Records from a data collection
+++

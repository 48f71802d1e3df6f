//! The calls of a volume that C makes: `wulgach_volume_..` of the header.
//!
//! Each returns 0, or the negative of an error number: -9 (EBADF) exactly at an empty place.
ghost use Rattle.std.specs.Prelude.{◌≡◌, ◌↔◌, ◌+◌, ◌-◌, min, ◌≤◌, ◌^◌, [], Some, None, IsSome, IfSome, IsSomeAnd, pos, neg_ℤ, true, length};
ghost use Rattle.uring_entry.specs.declared.errno.TheConstants.{EBADF, EFBIG, EINVAL, ENOENT, ENOMEM};
ghost use Rattle.uring_volume.specs.Choices.{issued, named, has_safe};
ghost use Rattle.uring_volume.specs.Volume.{with_event, with_write, with_sync, is_one_of, running_writes, running_syncs};
ghost use Rattle.uring_volume.specs.declared.event.Event.TheVariants.{WriteEnded, WriteFailed, SyncEnded, SyncFailed};
ghost use Rattle.uring_volume.specs.declared.event.SyncRange.TheVariants.{Whole, Part};
ghost use Rattle.uring_ffi_values.specs.Boxes.Places.{volume_in};
ghost use Rattle.uring_ffi_values.specs.Volumes.VolumeForms.{TellsContents, TellsCrash, TellsCount, TellsImages, HasMore};
ghost use Rattle.uring_volume.specs.Writes.{Write};
ghost use Rattle.uring_volume.specs.Folds.{IsFoldable, IsFoldedFrom};

use std::alloc::Global;
use uring_entry::errno;
use uring_ffi_values::volume_memory::{
    volume_begin_sync_in, volume_begin_write_in, volume_contents_in, volume_count_images_in,
    volume_crash_in, volume_fold_in, volume_images_in, volume_new_in,
};
use uring_ffi_values::volume_place::VolumePlace;
use uring_volume::SyncRange;

/// Puts a new volume into a place, with units of so many bytes and these first bytes; what was there is freed. -22 (EINVAL) exactly if a unit has no byte; -12 (ENOMEM) if memory is refused. Then the place keeps what it had.
#[unsafe(no_mangle)]
pub extern "C" fn wulgach_volume_new(
    alloc: Global,
    place: &mut VolumePlace,
    unit: u64,
    first: &[u8],
) -> i32
    ensures refused { (result ≡ neg_ℤ EINVAL) ↔ (unit ≡ 0) }
    ensures results { (result ≡ pos 0 → ⊥) → (result ≡ neg_ℤ EINVAL → ⊥) → result ≡ neg_ℤ ENOMEM }
    ensures kept { (result ≡ pos 0 → ⊥) → volume_in place.new ≡ volume_in place.old }
    ensures made { result ≡ pos 0
        → volume_in place.new
        ≡ Some (record { unit = unit; first = first.now; history = []; next = 1 }) }
{
    volume_new_in(&alloc, alloc, place, unit, first)
}

/// Begins a write of these bytes at an offset, and writes its number. -27 (EFBIG) exactly if it would end above 2^63 - 1; -22 (EINVAL) only if the numbers are used up; -12 (ENOMEM) if memory is refused. A refusal changes nothing.
#[unsafe(no_mangle)]
pub extern "C" fn wulgach_volume_begin_write(
    alloc: Global,
    place: &mut VolumePlace,
    off: u64,
    bytes: &[u8],
    number: &mut u64,
) -> i32
    ensures empty { (result ≡ neg_ℤ EBADF) ↔ (volume_in place.old ≡ None) }
    ensures too_far { (result ≡ neg_ℤ EFBIG)
        ↔ (IsSome (volume_in place.old) × (2 ^ 63 ≤ off + length bytes.now)) }
    ensures spent { result ≡ neg_ℤ EINVAL
        → IsSomeAnd (volume_in place.old) (λ v. v.next + 1 ≡ 2 ^ 64) }
    ensures results { (result ≡ pos 0 → ⊥) → (result ≡ neg_ℤ EBADF → ⊥)
        → (result ≡ neg_ℤ EFBIG → ⊥) → (result ≡ neg_ℤ EINVAL → ⊥) → result ≡ neg_ℤ ENOMEM }
    ensures kept { (result ≡ pos 0 → ⊥)
        → (volume_in place.new ≡ volume_in place.old) × (number.new ≡ number.old) }
    ensures made { result ≡ pos 0
        → IsSomeAnd (volume_in place.old)
        (λ v. (number.new ≡ v.next)
        × (volume_in place.new ≡ Some (with_write off bytes.now v))) }
{
    volume_begin_write_in(&alloc, alloc, place, off, bytes, number)
}

/// Begins a sync of the whole file, and writes its number. -22 (EINVAL) only if the numbers are used up; -12 (ENOMEM) if memory is refused. A refusal changes nothing.
#[unsafe(no_mangle)]
pub extern "C" fn wulgach_volume_begin_sync(
    alloc: Global,
    place: &mut VolumePlace,
    number: &mut u64,
) -> i32
    ensures empty { (result ≡ neg_ℤ EBADF) ↔ (volume_in place.old ≡ None) }
    ensures spent { result ≡ neg_ℤ EINVAL
        → IsSomeAnd (volume_in place.old) (λ v. v.next + 1 ≡ 2 ^ 64) }
    ensures results { (result ≡ pos 0 → ⊥) → (result ≡ neg_ℤ EBADF → ⊥)
        → (result ≡ neg_ℤ EINVAL → ⊥) → result ≡ neg_ℤ ENOMEM }
    ensures kept { (result ≡ pos 0 → ⊥)
        → (volume_in place.new ≡ volume_in place.old) × (number.new ≡ number.old) }
    ensures made { result ≡ pos 0
        → IsSomeAnd (volume_in place.old)
        (λ v. (number.new ≡ v.next) × (volume_in place.new ≡ Some (with_sync Whole v))) }
{
    volume_begin_sync_in(&alloc, alloc, place, SyncRange::Whole, number)
}

/// Begins a sync of so many bytes from an offset on, and writes its number. -22 (EINVAL) only if the numbers are used up; -12 (ENOMEM) if memory is refused. A refusal changes nothing.
#[unsafe(no_mangle)]
pub extern "C" fn wulgach_volume_begin_range_sync(
    alloc: Global,
    place: &mut VolumePlace,
    off: u64,
    len: u64,
    number: &mut u64,
) -> i32
    ensures empty { (result ≡ neg_ℤ EBADF) ↔ (volume_in place.old ≡ None) }
    ensures spent { result ≡ neg_ℤ EINVAL
        → IsSomeAnd (volume_in place.old) (λ v. v.next + 1 ≡ 2 ^ 64) }
    ensures results { (result ≡ pos 0 → ⊥) → (result ≡ neg_ℤ EBADF → ⊥)
        → (result ≡ neg_ℤ EINVAL → ⊥) → result ≡ neg_ℤ ENOMEM }
    ensures kept { (result ≡ pos 0 → ⊥)
        → (volume_in place.new ≡ volume_in place.old) × (number.new ≡ number.old) }
    ensures made { result ≡ pos 0
        → IsSomeAnd (volume_in place.old)
        (λ v. (number.new ≡ v.next) × (volume_in place.new ≡ Some (with_sync (Part off len) v))) }
{
    volume_begin_sync_in(&alloc, alloc, place, SyncRange::Part { off, len }, number)
}

/// Ends a running write with success. -2 (ENOENT) exactly if no write of this number runs; then nothing changes.
#[unsafe(no_mangle)]
pub extern "C" fn wulgach_volume_end_write(
    alloc: Global,
    place: &mut VolumePlace,
    number: u64,
) -> i32
    ensures empty { (result ≡ neg_ℤ EBADF) ↔ (volume_in place.old ≡ None) }
    ensures results { (result ≡ pos 0 → ⊥) → (result ≡ neg_ℤ EBADF → ⊥) → result ≡ neg_ℤ ENOENT }
    ensures kept { (result ≡ pos 0 → ⊥) → volume_in place.new ≡ volume_in place.old }
    ensures ended { IfSome (volume_in place.old)
        (λ v. (result ≡ pos 0) ↔ (is_one_of number (running_writes v.history) ≡ true)) }
    ensures event { result ≡ pos 0
        → IsSomeAnd (volume_in place.old)
        (λ v. volume_in place.new ≡ Some (with_event (WriteEnded number) v)) }
{
    if !place.is_full {
        return -errno::EBADF;
    }
    if place.end_write(alloc, number) {
        0
    } else {
        -errno::ENOENT
    }
}

/// Ends a running write with a failure. -2 (ENOENT) exactly if no write of this number runs; then nothing changes.
#[unsafe(no_mangle)]
pub extern "C" fn wulgach_volume_fail_write(
    alloc: Global,
    place: &mut VolumePlace,
    number: u64,
) -> i32
    ensures empty { (result ≡ neg_ℤ EBADF) ↔ (volume_in place.old ≡ None) }
    ensures results { (result ≡ pos 0 → ⊥) → (result ≡ neg_ℤ EBADF → ⊥) → result ≡ neg_ℤ ENOENT }
    ensures kept { (result ≡ pos 0 → ⊥) → volume_in place.new ≡ volume_in place.old }
    ensures ended { IfSome (volume_in place.old)
        (λ v. (result ≡ pos 0) ↔ (is_one_of number (running_writes v.history) ≡ true)) }
    ensures event { result ≡ pos 0
        → IsSomeAnd (volume_in place.old)
        (λ v. volume_in place.new ≡ Some (with_event (WriteFailed number) v)) }
{
    if !place.is_full {
        return -errno::EBADF;
    }
    if place.fail_write(alloc, number) {
        0
    } else {
        -errno::ENOENT
    }
}

/// Ends a running sync with success. -2 (ENOENT) exactly if no sync of this number runs; then nothing changes.
#[unsafe(no_mangle)]
pub extern "C" fn wulgach_volume_end_sync(
    alloc: Global,
    place: &mut VolumePlace,
    number: u64,
) -> i32
    ensures empty { (result ≡ neg_ℤ EBADF) ↔ (volume_in place.old ≡ None) }
    ensures results { (result ≡ pos 0 → ⊥) → (result ≡ neg_ℤ EBADF → ⊥) → result ≡ neg_ℤ ENOENT }
    ensures kept { (result ≡ pos 0 → ⊥) → volume_in place.new ≡ volume_in place.old }
    ensures ended { IfSome (volume_in place.old)
        (λ v. (result ≡ pos 0) ↔ (is_one_of number (running_syncs v.history) ≡ true)) }
    ensures event { result ≡ pos 0
        → IsSomeAnd (volume_in place.old)
        (λ v. volume_in place.new ≡ Some (with_event (SyncEnded number) v)) }
{
    if !place.is_full {
        return -errno::EBADF;
    }
    if place.end_sync(alloc, number) {
        0
    } else {
        -errno::ENOENT
    }
}

/// Ends a running sync with an error. -2 (ENOENT) exactly if no sync of this number runs; then nothing changes.
#[unsafe(no_mangle)]
pub extern "C" fn wulgach_volume_fail_sync(
    alloc: Global,
    place: &mut VolumePlace,
    number: u64,
) -> i32
    ensures empty { (result ≡ neg_ℤ EBADF) ↔ (volume_in place.old ≡ None) }
    ensures results { (result ≡ pos 0 → ⊥) → (result ≡ neg_ℤ EBADF → ⊥) → result ≡ neg_ℤ ENOENT }
    ensures kept { (result ≡ pos 0 → ⊥) → volume_in place.new ≡ volume_in place.old }
    ensures ended { IfSome (volume_in place.old)
        (λ v. (result ≡ pos 0) ↔ (is_one_of number (running_syncs v.history) ≡ true)) }
    ensures event { result ≡ pos 0
        → IsSomeAnd (volume_in place.old)
        (λ v. volume_in place.new ≡ Some (with_event (SyncFailed number) v)) }
{
    if !place.is_full {
        return -errno::EBADF;
    }
    if place.fail_sync(alloc, number) {
        0
    } else {
        -errno::ENOENT
    }
}

/// Writes whether a write is safe: false too if no write has this number.
#[unsafe(no_mangle)]
pub extern "C" fn wulgach_volume_is_safe(
    alloc: Global,
    place: &mut VolumePlace,
    number: u64,
    is_safe: &mut bool,
) -> i32
    ensures empty { (result ≡ neg_ℤ EBADF) ↔ (volume_in place.old ≡ None) }
    ensures kept { volume_in place.new ≡ volume_in place.old }
    ensures refused { volume_in place.old ≡ None → is_safe.new ≡ is_safe.old }
    ensures safe { IfSome (volume_in place.old)
        (λ v. (result ≡ pos 0)
        × (is_safe.new ≡ has_safe v.history (named number (issued v.history)))) }
{
    if !place.is_full {
        return -errno::EBADF;
    }
    *is_safe = place.is_safe(alloc, number);
    0
}

/// Writes the bytes that a read of the whole file shows, as many as there is room for, and how many there are. -12 (ENOMEM) if memory is refused. A refusal writes nothing.
#[unsafe(no_mangle)]
pub extern "C" fn wulgach_volume_contents(
    alloc: Global,
    place: &mut VolumePlace,
    bytes: &mut [u8],
    len: &mut u64,
) -> i32
    ensures empty { (result ≡ neg_ℤ EBADF) ↔ (volume_in place.old ≡ None) }
    ensures results { (result ≡ pos 0 → ⊥) → (result ≡ neg_ℤ EBADF → ⊥) → result ≡ neg_ℤ ENOMEM }
    ensures kept { volume_in place.new ≡ volume_in place.old }
    ensures refused { (result ≡ pos 0 → ⊥) → (bytes.new ≡ bytes.old) × (len.new ≡ len.old) }
    ensures told { result ≡ pos 0
        → IsSomeAnd (volume_in place.old) (λ v. TellsContents v bytes.old bytes.new len.new) }
{
    volume_contents_in(&alloc, alloc, place, bytes, len)
}

/// Writes the bytes that a crash leaves, by a choice, as many as there is room for, and how many there are. The volume stays as it is. -12 (ENOMEM) if memory is refused. A refusal writes nothing.
#[unsafe(no_mangle)]
pub extern "C" fn wulgach_volume_crash(
    alloc: Global,
    place: &mut VolumePlace,
    choice: &[u64],
    bytes: &mut [u8],
    len: &mut u64,
) -> i32
    ensures empty { (result ≡ neg_ℤ EBADF) ↔ (volume_in place.old ≡ None) }
    ensures results { (result ≡ pos 0 → ⊥) → (result ≡ neg_ℤ EBADF → ⊥) → result ≡ neg_ℤ ENOMEM }
    ensures kept { volume_in place.new ≡ volume_in place.old }
    ensures refused { (result ≡ pos 0 → ⊥) → (bytes.new ≡ bytes.old) × (len.new ≡ len.old) }
    ensures told { result ≡ pos 0
        → IsSomeAnd (volume_in place.old)
        (λ v. TellsCrash v choice.now bytes.old bytes.new len.new) }
{
    volume_crash_in(&alloc, alloc, place, choice, bytes, len)
}

/// Writes how many images there are: how many different files a crash may leave; 2^64 - 1 if there are as many or more. The volume stays as it is. -12 (ENOMEM) if memory is refused. A refusal writes nothing.
#[unsafe(no_mangle)]
pub extern "C" fn wulgach_volume_count_images(
    alloc: Global,
    place: &mut VolumePlace,
    count: &mut u64,
) -> i32
    ensures empty { (result ≡ neg_ℤ EBADF) ↔ (volume_in place.old ≡ None) }
    ensures results { (result ≡ pos 0 → ⊥) → (result ≡ neg_ℤ EBADF → ⊥) → result ≡ neg_ℤ ENOMEM }
    ensures kept { volume_in place.new ≡ volume_in place.old }
    ensures refused { (result ≡ pos 0 → ⊥) → count.new ≡ count.old }
    ensures told { result ≡ pos 0 → IsSomeAnd (volume_in place.old) (λ v. TellsCount v count.new) }
{
    volume_count_images_in(&alloc, alloc, place, count)
}

/// Writes the images, each once and one after another, as much as there is room for; the length of each; how many there are, and how many bytes in all. -27 (EFBIG) exactly if there are more than lengths have room for (or than 2^32 - 1), unless memory is refused; -12 (ENOMEM) if memory is refused. A refusal writes nothing. The volume stays as it is.
#[unsafe(no_mangle)]
pub extern "C" fn wulgach_volume_images(
    alloc: Global,
    place: &mut VolumePlace,
    bytes: &mut [u8],
    lens: &mut [u64],
    count: &mut u64,
    total: &mut u64,
) -> i32
    ensures empty { (result ≡ neg_ℤ EBADF) ↔ (volume_in place.old ≡ None) }
    ensures results { (result ≡ pos 0 → ⊥) → (result ≡ neg_ℤ EBADF → ⊥) → (result ≡ neg_ℤ EFBIG → ⊥)
        → result ≡ neg_ℤ ENOMEM }
    ensures kept { volume_in place.new ≡ volume_in place.old }
    ensures refused { (result ≡ pos 0 → ⊥) → (bytes.new ≡ bytes.old) × (lens.new ≡ lens.old)
        × (count.new ≡ count.old) × (total.new ≡ total.old) }
    ensures too_many { result ≡ neg_ℤ EFBIG
        → IsSomeAnd (volume_in place.old) (λ v. HasMore v (min (length lens.old) (2 ^ 32 - 1))) }
    ensures within { result ≡ pos 0 → count.new ≤ min (length lens.old) (2 ^ 32 - 1) }
    ensures told { result ≡ pos 0 → IsSomeAnd (volume_in place.old)
        (λ v. TellsImages v bytes.old bytes.new lens.old lens.new count.new total.new) }
{
    volume_images_in(&alloc, alloc, place, bytes, lens, count, total)
}

/// Gives memory back: what is safe and lies under all later writes becomes part of the first bytes, and is forgotten. -12 (ENOMEM) if memory is refused; then some of it may be left. What a crash may leave stays as it was.
#[unsafe(no_mangle)]
pub extern "C" fn wulgach_volume_fold(alloc: Global, place: &mut VolumePlace) -> i32
    ensures empty { (result ≡ neg_ℤ EBADF) ↔ (volume_in place.old ≡ None) }
    ensures results { (result ≡ pos 0 → ⊥) → (result ≡ neg_ℤ EBADF → ⊥) → result ≡ neg_ℤ ENOMEM }
    ensures refused { volume_in place.old ≡ None → volume_in place.new ≡ None }
    ensures folded { IfSome (volume_in place.old)
        (λ v. IsSomeAnd (volume_in place.new) (λ now. IsFoldedFrom v now)) }
    ensures none_left { result ≡ pos 0
        → IsSomeAnd (volume_in place.new) (λ now. (w : Write) → IsFoldable now.history w → ⊥) }
{
    volume_fold_in(&alloc, alloc, place)
}

/// Frees the volume of a place, which is empty from then on.
#[unsafe(no_mangle)]
pub extern "C" fn wulgach_volume_free(alloc: Global, place: &mut VolumePlace) -> i32
    ensures empty { (result ≡ neg_ℤ EBADF) ↔ (volume_in place.old ≡ None) }
    ensures freed { volume_in place.new ≡ None }
    ensures done { IsSome (volume_in place.old) → result ≡ pos 0 }
{
    if !place.is_full {
        return -errno::EBADF;
    }
    *place = VolumePlace::empty(alloc);
    0
}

+++

> Directions:
Give again, exactly as written, the lines running from the first line of the data above through the line that contains "an empty place.".

> Task result:
repository 48f71802d1e3df6f
//! The calls of a volume that C makes: `wulgach_volume_..` of the header.
//!
//! Each returns 0, or the negative of an error number: -9 (EBADF) exactly at an empty place.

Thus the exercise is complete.